### Problem requirements:
Where in the entries below does "AreCounted" appear? Copy every line that has it.

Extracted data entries
•••

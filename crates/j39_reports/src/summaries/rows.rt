//! The rows of a summary.
ghost use Rattle.std.specs.Prelude.{◌≡◌, Some};
ghost use Rattle.std.specs.List.{IsDistinct};
ghost use Rattle.std.specs.Map.{keys_of};
ghost use Rattle.std.proofs.Props.{props};
ghost use Rattle.j39_frame.specs.Origin.{is_same};
ghost use Rattle.j39_groups.specs.Models.{value_of};
ghost use Rattle.j39_memory.specs.ByOrigin.{pairs_of};
ghost use Rattle.j39_reports.specs.Leads.{AreLed, LeadsHead, leads_of};

use crate::summaries::absences::Absences;
use crate::summaries::guesses::Guesses;
use crate::summaries::message_head::MessageHead;
use crate::summaries::statistics::{AddedValue, Statistics};
use crate::summaries::word::Word;
use j39_groups::{ReadingVisitor, Slot, Value};
use j39_listen::Heard;
use j39_memory::ByOrigin;
use std::alloc::{AllocError, Global};

/// The rows so far, by their origins in the order of their first values; where the rows of the last values stand; how
/// often parameters were not available; and what the readings of a message have in common.
#[derive(Drop)]
pub(crate) struct Rows<'t> {
    pub rows: ByOrigin<Statistics<'t>>,
    guesses: Guesses,
    pub absences: Absences,
    alloc: Global,
    head: MessageHead,
    /// Where a row of the last messages stands, by address and group.
    leads: Guesses,
    /// Where the row that leads those of the message's head stands, or [`NOWHERE`] while that isn't known.
    lead: usize,
    /// Where the row of the next value stands, if that is the row behind the last one's.
    next: usize,
    /// Whether memory was refused since the message began: then what is here is no summary any more. It is asked once a
    /// message, and not with each value.
    pub is_refused: bool,
    ghost apart: { IsDistinct is_same (keys_of (pairs_of rows)) } by { Prim.hlevel props },
    ghost led: { AreLed (keys_of (pairs_of rows)) (leads_of (pairs_of rows)) } by { Prim.hlevel props },
    ghost leads_head: { LeadsHead (keys_of (pairs_of rows)) lead head } by { Prim.hlevel props },
}

/// A place where no row stands.
const NOWHERE: usize = usize::MAX;

impl<'t> Rows<'t> {
    ghost use Rattle.std.specs.Prelude.{◌++◌, ◌∷◌, [], List, IfSome, IsOk, OnOk, OnErr, None, false};
    ghost use Rattle.j39_frame.specs.Origin.{place_in};
    ghost use Rattle.j39_frame.specs.Stamp.{stamp_micros};
    ghost use Rattle.j39_listen.specs.Report.{Entry};
    ghost use Rattle.j39_listen.specs.HeardModel.{hearing_of};
    ghost use Rattle.j39_frame.specs.declared.origin.Origin.{Origin};
    ghost use Rattle.j39_reports.specs.Leads.{AddsLead, KeepsLeads};
    ghost use Rattle.j39_reports.specs.RowsSoFar.{AreCounted, AreRowsOf, HasTaken, TakesReading};
    ghost use Rattle.j39_reports.specs.MessageHeads.{origin_in};
    ghost use Rattle.j39_reports.specs.RowModels.{entry_at, word_value};
    ghost use Rattle.j39_reports.specs.SummaryRun.{WantsRow};

    /// No rows.
    pub fn new(alloc: Global) -> Rows<'t>
        ensures rows { AreRowsOf (pairs_of result.rows) [] }
        ensures counted { AreCounted (pairs_of result.absences.counts) [] }
    {
        Rows {
            rows: ByOrigin::new(alloc),
            guesses: Guesses::new(),
            absences: Absences::new(alloc),
            alloc,
            head: MessageHead::new(),
            leads: Guesses::new(),
            lead: NOWHERE,
            next: NOWHERE,
            is_refused: false,
        }
    }

    /// Takes what the readings of a message have in common.
    #[inline(always)]
    pub fn begin(&mut self, heard: &Heard<'_>)
        ensures taken { (before : List Entry) (absent : List Origin) → AreRowsOf (pairs_of self.old.rows) before
            → AreCounted (pairs_of self.old.absences.counts) absent
            → HasTaken (record { before = before; absent = absent; hearing = hearing_of heard.now }) self.new [] }
        ensures free { self.new.is_refused ≡ false }
    {
        self.head = MessageHead::of(heard);
        let guess = self.leads.guess(self.head.address, self.head.pgn);
        self.lead = known_lead(&self.rows, guess, &self.head);
        self.next = self.lead;
        self.is_refused = false;
    }

    /// Where the row of the message's next value stands, where that is the next one: whether it is of the message's head
    /// is told by its lead.
    #[inline(always)]
    fn next_place(&self, spn: u32) -> Option<usize>
        ensures { IfSome result (λ place. place_in (pairs_of self.now.rows) (origin_in self.now.head spn) ≡ Some place) }
    {
        let place = self.next;
        if place >= self.rows.len() {
            return None;
        }
        let (origin, statistics) = self.rows.pair_at(place);
        if origin.spn == spn && statistics.lead == self.lead {
            Some(place)
        } else {
            None
        }
    }

    /// Takes a value to its row.
    #[inline(always)]
    fn take_value(&mut self, spn: u32, value: Value<'t, '_>) -> Result<(), AllocError>
        ensures head { self.new.head ≡ self.old.head }
        ensures absences { self.new.absences ≡ self.old.absences }
        ensures refused { self.new.is_refused ≡ self.old.is_refused }
        ensures taken { OnOk result ((before : List Entry) → AreRowsOf (pairs_of self.old.rows) before
            → AreRowsOf (pairs_of self.new.rows)
            (before ++ entry_at (origin_in self.old.head spn) (stamp_micros self.old.head.stamp) (value_of value.entry) ∷ [])) }
        ensures wanted { OnErr result ((before : List Entry) → AreRowsOf (pairs_of self.old.rows) before
            → WantsRow before (entry_at (origin_in self.old.head spn) (stamp_micros self.old.head.stamp) (value_of value.entry))) }
    {
        match self.next_place(spn) {
            Some(place) => {
                self.next = place + 1;
                Self::take(&mut self.rows, self.alloc, place, &self.head, spn, value)
            }
            None => self.take_elsewhere(spn, value),
        }
    }

    /// Takes a value to its row wherever that stands, off the quick path.
    #[inline(never)]
    fn take_elsewhere(&mut self, spn: u32, value: Value<'t, '_>) -> Result<(), AllocError>
        ensures head { self.new.head ≡ self.old.head }
        ensures absences { self.new.absences ≡ self.old.absences }
        ensures refused { self.new.is_refused ≡ self.old.is_refused }
        ensures taken { OnOk result ((before : List Entry) → AreRowsOf (pairs_of self.old.rows) before
            → AreRowsOf (pairs_of self.new.rows)
            (before ++ entry_at (origin_in self.old.head spn) (stamp_micros self.old.head.stamp) (value_of value.entry) ∷ [])) }
        ensures wanted { OnErr result ((before : List Entry) → AreRowsOf (pairs_of self.old.rows) before
            → WantsRow before (entry_at (origin_in self.old.head spn) (stamp_micros self.old.head.stamp) (value_of value.entry))) }
    {
        let origin = self.head.origin(spn);
        match self.guesses.place_of(&self.rows, origin) {
            Some(place) => {
                let (_, statistics) = self.rows.pair_at(place);
                self.lead = statistics.lead;
                self.leads
                    .remember(self.head.address, self.head.pgn, self.lead);
                self.next = place + 1;
                Self::take(&mut self.rows, self.alloc, place, &self.head, spn, value)
            }
            None => {
                let place = self.rows.len();
                let lead = self.lead.min(place);
                Self::add(&mut self.rows, self.alloc, lead, &self.head, spn, value)?;
                self.lead = lead;
                self.leads.remember(self.head.address, self.head.pgn, lead);
                self.next = place + 1;
                Ok(())
            }
        }
    }

    /// Takes a value to its row; where memory was refused is noted, and no fault.
    #[inline(always)]
    fn note_value(&mut self, spn: u32, value: Value<'t, '_>) -> Result<(), AllocError>
        ensures noted { TakesReading self.old self.new (record { spn = spn; value = value_of value.entry }) }
        ensures goes_on { IsOk result }
    {
        match self.take_value(spn, value) {
            Ok(()) => Ok(()),
            Err(AllocError) => {
                self.is_refused = true;
                Ok(())
            }
        }
    }

    /// The same for a word, of which no more than itself is handed on.
    #[inline(never)]
    fn note_word(&mut self, spn: u32, word: Word) -> Result<(), AllocError>
        ensures noted { TakesReading self.old self.new (record { spn = spn; value = word_value word }) }
        ensures goes_on { IsOk result }
    {
        self.note_value(spn, word.value())
    }

    /// Takes a value to its row, which stands at this place.
    #[inline(always)]
    fn take(
        rows: &mut ByOrigin<Statistics<'t>>,
        alloc: Global,
        place: usize,
        head: &MessageHead,
        spn: u32,
        value: Value<'t, '_>,
    ) -> Result<(), AllocError>
        requires { place_in (pairs_of rows.old) (origin_in head.now spn) ≡ Some place }
        ensures taken { OnOk result ((before : List Entry) → AreRowsOf (pairs_of rows.old) before
            → AreRowsOf (pairs_of rows.new)
            (before ++ entry_at (origin_in head.now spn) (stamp_micros head.now.stamp) (value_of value.entry) ∷ [])) }
        ensures wanted { OnErr result ((before : List Entry) → AreRowsOf (pairs_of rows.old) before
            → WantsRow before (entry_at (origin_in head.now spn) (stamp_micros head.now.stamp) (value_of value.entry))) }
        ensures led { KeepsLeads (pairs_of rows.old) (pairs_of rows.new) }
    {
        let stamp = head.stamp;
        rows.change(
            place,
            AddedValue {
                alloc,
                stamp,
                value,
            },
        )
    }

    /// Begins a row, with where the row that leads it stands.
    #[inline(never)]
    fn add(
        rows: &mut ByOrigin<Statistics<'t>>,
        alloc: Global,
        lead: usize,
        head: &MessageHead,
        spn: u32,
        value: Value<'t, '_>,
    ) -> Result<(), AllocError>
        requires { place_in (pairs_of rows.old) (origin_in head.now spn) ≡ None }
        ensures begun { OnOk result ((before : List Entry) → AreRowsOf (pairs_of rows.old) before
            → AreRowsOf (pairs_of rows.new)
            (before ++ entry_at (origin_in head.now spn) (stamp_micros head.now.stamp) (value_of value.entry) ∷ [])) }
        ensures led { OnOk result (AddsLead lead (origin_in head.now spn) (pairs_of rows.old) (pairs_of rows.new)) }
        ensures refused { OnErr result (pairs_of rows.new ≡ pairs_of rows.old) }
    {
        let statistics = Statistics::begin(alloc, lead, head.stamp, value)?;
        rows.add(head.origin(spn), statistics)
    }
}

/// Where the row that leads those of a message of this head stands: there, where one stands there.
#[inline(always)]
fn known_lead(rows: &ByOrigin<Statistics<'_>>, place: usize, head: &MessageHead) -> usize
    ensures { LeadsHead (keys_of (pairs_of rows.now)) result head.now }
{
    if place < rows.len() {
        let (origin, _) = rows.pair_at(place);
        if origin == head.origin(origin.spn) {
            return place;
        }
    }
    NOWHERE
}

/// The same value, its scale field by field: so what lies between a scale's fields is not copied with each value.
#[inline(always)]
fn fields_of<'t, 'v>(value: Value<'t, 'v>) -> Value<'t, 'v>
    ensures { value_of result ≡ value_of value.entry }
{
    match value {
        Value::Number(number, scale) => Value::Number(
            number,
            Slot::of_own_table(scale.step(), scale.offset(), scale.places(), scale.unit()),
        ),
        Value::On => Value::On,
        Value::Off => Value::Off,
        Value::Error => Value::Error,
        Value::Reserved => Value::Reserved,
        Value::Indicator => Value::Indicator,
        Value::Text(text) => Value::Text(text),
    }
}

impl<'t> ReadingVisitor<'t, ()> for Rows<'t> {
    ghost use Rattle.j39_reports.specs.RowsSoFar.{GoesOn, Message, WantsAt};

    type Fault = AllocError;

    ghost Subject = { Message };

    ghost has_taken = { λ message rows medium. GoesOn message rows };

    ghost has_stopped = { λ message before at rows medium. WantsAt message before at };

    #[inline(always)]
    fn visit(&mut self, spn: u32, value: Value<'t, '_>, _: &mut ()) -> Result<(), AllocError> {
        match Word::of(value) {
            Some(word) => self.note_word(spn, word),
            None => self.note_value(spn, fields_of(value)),
        }
    }

    fn visit_absent(&mut self, spn: u32, _: &mut ()) -> Result<(), AllocError> {
        let origin = self.head.origin(spn);
        match self.absences.count(origin) {
            Ok(()) => Ok(()),
            Err(AllocError) => {
                self.is_refused = true;
                Ok(())
            }
        }
    }
}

•••

### Your solution:
    ghost use Rattle.j39_reports.specs.RowsSoFar.{AreCounted, AreRowsOf, HasTaken, TakesReading};
        ensures counted { AreCounted (pairs_of result.absences.counts) [] }
            → AreCounted (pairs_of self.old.absences.counts) absent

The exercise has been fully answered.